(Activity): Could you set down, exactly as they stand, only the lines from the one containing "pub fn overlaid_by_slot()" through the end of the listing?

(Source data):
____
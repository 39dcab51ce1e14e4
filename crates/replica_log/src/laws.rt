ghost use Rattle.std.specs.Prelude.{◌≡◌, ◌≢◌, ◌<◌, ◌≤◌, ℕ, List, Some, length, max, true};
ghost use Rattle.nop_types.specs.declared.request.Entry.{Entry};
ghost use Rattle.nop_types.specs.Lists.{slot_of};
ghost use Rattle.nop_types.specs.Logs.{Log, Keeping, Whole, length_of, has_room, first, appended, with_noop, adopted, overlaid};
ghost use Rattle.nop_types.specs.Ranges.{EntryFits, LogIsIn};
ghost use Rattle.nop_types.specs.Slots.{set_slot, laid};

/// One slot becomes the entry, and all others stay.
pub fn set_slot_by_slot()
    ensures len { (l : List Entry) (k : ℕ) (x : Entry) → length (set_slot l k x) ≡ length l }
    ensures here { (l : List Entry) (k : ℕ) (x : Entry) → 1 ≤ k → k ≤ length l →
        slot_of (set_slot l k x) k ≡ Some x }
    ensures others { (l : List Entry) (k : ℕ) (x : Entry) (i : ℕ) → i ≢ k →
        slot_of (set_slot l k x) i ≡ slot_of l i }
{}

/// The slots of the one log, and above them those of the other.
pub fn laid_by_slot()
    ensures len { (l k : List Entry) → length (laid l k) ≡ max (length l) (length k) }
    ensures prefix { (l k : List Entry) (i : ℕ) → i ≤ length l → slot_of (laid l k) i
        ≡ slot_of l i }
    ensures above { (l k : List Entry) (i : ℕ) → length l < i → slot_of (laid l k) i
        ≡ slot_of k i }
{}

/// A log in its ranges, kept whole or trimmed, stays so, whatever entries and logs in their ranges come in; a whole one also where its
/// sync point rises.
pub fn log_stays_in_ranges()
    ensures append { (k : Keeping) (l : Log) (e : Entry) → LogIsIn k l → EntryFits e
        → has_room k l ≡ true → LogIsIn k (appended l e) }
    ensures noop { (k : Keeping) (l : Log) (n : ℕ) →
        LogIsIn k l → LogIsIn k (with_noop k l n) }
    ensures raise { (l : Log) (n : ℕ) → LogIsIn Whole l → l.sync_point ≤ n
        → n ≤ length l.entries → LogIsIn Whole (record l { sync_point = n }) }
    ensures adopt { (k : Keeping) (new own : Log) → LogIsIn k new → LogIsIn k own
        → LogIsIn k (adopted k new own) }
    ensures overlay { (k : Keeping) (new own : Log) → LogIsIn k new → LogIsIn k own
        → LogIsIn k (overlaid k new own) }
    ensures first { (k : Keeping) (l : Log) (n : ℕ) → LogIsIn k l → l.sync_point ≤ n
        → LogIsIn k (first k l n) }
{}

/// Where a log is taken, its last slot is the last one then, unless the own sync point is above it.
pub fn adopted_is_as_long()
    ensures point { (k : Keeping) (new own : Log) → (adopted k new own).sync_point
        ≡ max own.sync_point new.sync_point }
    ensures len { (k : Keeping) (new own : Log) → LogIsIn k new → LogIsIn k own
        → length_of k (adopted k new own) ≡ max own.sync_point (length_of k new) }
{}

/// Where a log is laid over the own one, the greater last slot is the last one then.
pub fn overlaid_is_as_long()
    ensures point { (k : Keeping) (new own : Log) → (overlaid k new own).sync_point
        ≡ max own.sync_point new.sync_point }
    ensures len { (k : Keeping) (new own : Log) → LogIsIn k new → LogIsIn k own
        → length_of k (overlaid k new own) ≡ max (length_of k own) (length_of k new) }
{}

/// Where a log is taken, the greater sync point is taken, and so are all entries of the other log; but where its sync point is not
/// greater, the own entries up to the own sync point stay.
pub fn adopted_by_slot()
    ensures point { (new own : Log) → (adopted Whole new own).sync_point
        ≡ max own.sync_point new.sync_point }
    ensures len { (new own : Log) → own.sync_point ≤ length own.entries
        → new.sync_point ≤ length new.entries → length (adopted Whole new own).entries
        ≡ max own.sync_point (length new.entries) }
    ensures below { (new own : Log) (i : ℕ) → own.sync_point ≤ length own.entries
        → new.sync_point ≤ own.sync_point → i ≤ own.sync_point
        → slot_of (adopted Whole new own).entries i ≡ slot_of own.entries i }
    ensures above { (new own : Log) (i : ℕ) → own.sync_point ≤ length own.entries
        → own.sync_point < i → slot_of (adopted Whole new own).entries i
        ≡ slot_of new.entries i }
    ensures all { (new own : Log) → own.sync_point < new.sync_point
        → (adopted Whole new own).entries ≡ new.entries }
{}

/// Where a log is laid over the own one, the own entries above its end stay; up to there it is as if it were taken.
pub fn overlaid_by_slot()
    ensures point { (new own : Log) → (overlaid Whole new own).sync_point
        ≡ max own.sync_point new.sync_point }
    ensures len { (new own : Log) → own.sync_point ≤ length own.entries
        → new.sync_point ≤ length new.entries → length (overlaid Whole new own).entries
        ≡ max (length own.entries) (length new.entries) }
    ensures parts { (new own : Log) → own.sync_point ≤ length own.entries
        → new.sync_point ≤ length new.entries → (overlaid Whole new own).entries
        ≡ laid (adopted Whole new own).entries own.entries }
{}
____
(Task solution):
pub fn overlaid_by_slot()
    ensures point { (new own : Log) → (overlaid Whole new own).sync_point
        ≡ max own.sync_point new.sync_point }
    ensures len { (new own : Log) → own.sync_point ≤ length own.entries
        → new.sync_point ≤ length new.entries → length (overlaid Whole new own).entries
        ≡ max (length own.entries) (length new.entries) }
    ensures parts { (new own : Log) → own.sync_point ≤ length own.entries
        → new.sync_point ≤ length new.entries → (overlaid Whole new own).entries
        ≡ laid (adopted Whole new own).entries own.entries }
{}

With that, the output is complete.